- Interactive map of Veternica
- Location: Zagreb
- Coordinates: 45°50′45″N 15°52′07″E﻿ / ﻿45.845957°N 15.868496°E
- Depth: 45 metres (148 ft)
- Length: 70 metres (0.043 mi)
- Elevation: 417 metres (1,368 ft)
- Discovery: 1971
- Geology: Karst cave
- Entrances: 1
- Cadastral code: HR01426

= Velebitaška jama =

Cave on Mount Medvednica

Velebitaška jama, also known as Batinova jama or Jama na Jazbinjaku, is the deepest pit cave and second deepest cave on the Medvednica massif behind Veternica, at 45 m, at one point the deepest. It is located in an area with many pit caves, but is one of the largest among these, with a complex horizontal and vertical morphology that brings the total length of the cave to 95 m. It has been described as the "most significant" pit cave on its massif. The cave is under special protection, and is closed to the public.

==Description==

The entrance to the cave is at 417 m above sea level, and its deepest point at 372 m above sea level. The entrance is narrow, at only 1×1 m, widening after 4 m, dropping 12 m to a ledge and then 30 m to the bottom of the entrance chamber.

The entrance chamber has branches and bones at the base.

From the base of the main chamber there are a number of narrow, difficult to pass vertical canals leading to a horizontal canal with a stream flowing southwest.

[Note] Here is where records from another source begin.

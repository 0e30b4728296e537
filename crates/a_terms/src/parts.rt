// Parts of types, and types put for those that code owes.
ghost use Rattle.std.specs.Prelude.{◌≡◌, ℕ, Some, IfOk, MatchOption};
ghost use Rattle.a_terms.specs.Tree.{ACode, ATuple, ATys, AFields, NoATys, MoreATys, ashift, aput_types};
ghost use Rattle.a_terms.specs.Typing.{aflagged, applied, or_int, field_of as the_field_of, body_of as the_body_of};
ghost use Rattle.a_terms.specs.Typing.{filled_of as the_filled_of};
ghost use Rattle.a_terms.specs.Read.{atree, atrees, afields, maybe};

use crate::types::AType;
use crate::walks::{copy, put_all, shift_type};
use idx_core::OutOfMemory;
use std::alloc::Global;

// How many types code owes, and its arguments' types.
fn code_parts(t: AType) -> Option<(u64, Vec<AType>)>
    ensures { MatchOption result ((n : ℕ) (us : ATys) → atree t ≡ ACode n us → ⊥)
        (λ p. atree t ≡ ACode p.0 (atrees p.1.items)) }
{
    match t {
        AType::Code { owes, args } => Some((owes, args)),
        AType::Int | AType::Var(_) | AType::Exists(_) | AType::Tuple(_) => None,
    }
}

// The fields of a tuple.
fn tuple_parts(t: AType) -> Option<Vec<(AType, bool)>>
    ensures { MatchOption result ((fs : AFields) → atree t ≡ ATuple fs → ⊥) (λ p. atree t ≡ ATuple (afields p.items)) }
{
    match t {
        AType::Tuple(fields) => Some(fields),
        AType::Int | AType::Var(_) | AType::Exists(_) | AType::Code { .. } => None,
    }
}

// The arguments' types where a type goes to code.
fn instantiate(
    alloc: Global,
    args: &[AType],
    t: &AType,
    left: u64,
) -> Result<Vec<AType>, OutOfMemory>
    ensures { IfOk result (λ r. atrees r.items ≡ aput_types left (ashift left 0 (atree t.now)) (atrees args.now)) }
{
    let what = shift_type(alloc, t, left, 0)?;
    let made = put_all(alloc, args, &what, left, left)?;
    Ok(made)
}

fn apply_code(
    alloc: Global,
    owes: u64,
    args: &[AType],
    t: &AType,
) -> Result<Option<AType>, OutOfMemory>
    ensures { IfOk result (λ r. maybe r ≡ applied (Some (ACode owes (atrees args.now)))
        (MoreATys (atree t.now) NoATys)) }
{
    if owes == 0 {
        return Ok(None);
    }
    let left = owes - 1;
    let made = instantiate(alloc, args, t, left)?;
    Ok(Some(AType::Code {
        owes: left,
        args: made,
    }))
}

fn apply_one(alloc: Global, ty: Option<AType>, t: &AType) -> Result<Option<AType>, OutOfMemory>
    ensures { IfOk result (λ r. maybe r ≡ applied (maybe ty) (MoreATys (atree t.now) NoATys)) }
{
    match ty {
        None => Ok(None),
        Some(code) => {
            match code_parts(code) {
                None => Ok(None),
                Some(parts) => {
                    let made = apply_code(alloc, parts.0, &parts.1, t)?;
                    Ok(made)
                }
            }
        }
    }
}

/// The type of what is applied to types, if it is code that owes as many. An error is want of memory.
pub fn apply_all(
    alloc: Global,
    ty: Option<AType>,
    ts: &[AType],
) -> Result<Option<AType>, OutOfMemory>
    ensures { IfOk result (λ r. maybe r ≡ applied (maybe ty) (atrees ts.now)) }
{
    let mut made = ty;
    for t in ts {
        made = apply_one(alloc, made, t)?;
    }
    Ok(made)
}

/// The type, or that of integers where there is none.
pub fn known(ty: Option<AType>) -> AType
    ensures { atree result ≡ or_int (maybe ty) }
{
    match ty {
        Some(t) => t,
        None => AType::Int,
    }
}

fn field_at(alloc: Global, fields: &[(AType, bool)], i: u64, by: u64) -> Result<AType, OutOfMemory>
    ensures { IfOk result (λ r. atree r ≡ ashift by 0 (the_field_of i (Some (ATuple (afields fields.now))))) }
{
    if i == 0 {
        return Ok(AType::Int);
    }
    if i - 1 < fields.len() as u64 {
        let made = shift_type(alloc, &fields[(i - 1) as usize].0, by, 0)?;
        Ok(made)
    } else {
        Ok(AType::Int)
    }
}

/// The type of field i of a tuple, from 1 on, under `by` more names. An error is want of memory.
pub fn field_of(alloc: Global, t: &AType, i: u64, by: u64) -> Result<AType, OutOfMemory>
    ensures { IfOk result (λ r. atree r ≡ ashift by 0 (the_field_of i (Some (atree t.now)))) }
{
    match t {
        AType::Tuple(fields) => {
            let made = field_at(alloc, fields, i, by)?;
            Ok(made)
        }
        AType::Int | AType::Var(_) | AType::Exists(_) | AType::Code { .. } => Ok(AType::Int),
    }
}

/// What a package hides, where there are `by` more names around the package. An error is want of memory.
pub fn body_of(alloc: Global, t: &AType, by: u64) -> Result<AType, OutOfMemory>
    ensures { IfOk result (λ r. atree r ≡ ashift by 1 (the_body_of (Some (atree t.now)))) }
{
    match t {
        AType::Exists(body) => {
            let made = shift_type(alloc, body, by, 1)?;
            Ok(made)
        }
        AType::Int | AType::Var(_) | AType::Tuple(_) | AType::Code { .. } => Ok(AType::Int),
    }
}

// The tuple where field i is initialised.
fn fill_at(fields: Vec<(AType, bool)>, i: u64) -> AType
    ensures { atree result ≡ the_filled_of i (Some (ATuple (afields fields.items))) }
{
    if i == 0 {
        return AType::Int;
    }
    if i - 1 >= fields.len() as u64 {
        return AType::Tuple(fields);
    }
    let mut made = fields;
    made[(i - 1) as usize].1 = true;
    AType::Tuple(made)
}

/// The type of a tuple once field i is initialised.
pub fn filled_of(ty: Option<AType>, i: u64) -> AType
    ensures { atree result ≡ the_filled_of i (maybe ty) }
{
    match ty {
        None => AType::Int,
        Some(tuple) => {
            match tuple_parts(tuple) {
                None => AType::Int,
                Some(fields) => fill_at(fields, i),
            }
        }
    }
}

/// A tuple of fields that each have this flag. An error is want of memory.
pub fn flagged_tuple(alloc: Global, types: &[AType], flag: bool) -> Result<AType, OutOfMemory>
    ensures { IfOk result (λ r. atree r ≡ ATuple (aflagged flag (atrees types.now))) }
{
    let mut fields = Vec::with_capacity(alloc, types.len())?;
    for t in types {
        let one = copy(alloc, t)?;
        fields.push((one, flag))?;
    }
    Ok(AType::Tuple(fields))
}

But two crevice systems are found in the cave: one 20-200° followed by the stream angled gently to the northwest, and one 140-320° nearly vertical.

The canal with the stream very narrow and only 30–50 cm high, and has been explored to a total length of 51 m. Further exploration is not possible without alteration because the height lowers to 10 cm. The water from this canal likely flows into the Velebitaški kanal within Veternica.

==History==

The entrance was discovered in 1971, but although airflow was noted, the entrance was too small, with most of it plugged by rocks with a layer of soil above.

The cave was explored on 5 March 1973 when the layer of soil and stones was removed, and continued on 11 March by the Speleološki klub "Željezničar", mapped by Marijan Čepelak, and again but with a 3D point cloud by a team from the Faculty of Science at the University of Zagreb in 2019–2020.

In order to combat hypothermia, wooden planks were used during the exploration of the stream, marking the first use of that technique in Yugoslavia.

The Croatian Mountain Rescue Service once used the cave for rescue training, equipping it with many double anchors. Since then, it has been used to train new cavers, as well as for recreational caving by cavers from Zagreb.

Further exploration was carried out in September 2018 but the results remain unpublished.

==Climatology==

The average temperature in the cave is 10.1 C, with a relative humidity of 95%. No measurable airflow has been detected.

The maximum radon concentration is about 4000 Bq/m^{3} and likely even higher in the summer, due to poor ventilation. This concentration is over the danger threshold for longer visits.

==Geology==

Velebitaška jama formed in Upper Tortonian layers of organogenic and bioclastic limestone, sandstone, and lime and clay marlstone.

It formed away from fault lines.

The cave is covered in places with speleothems and layers of mud in the hydrologically active parts, but is not as decorated as some other nearby caves. There are both stalactites and stalagmites.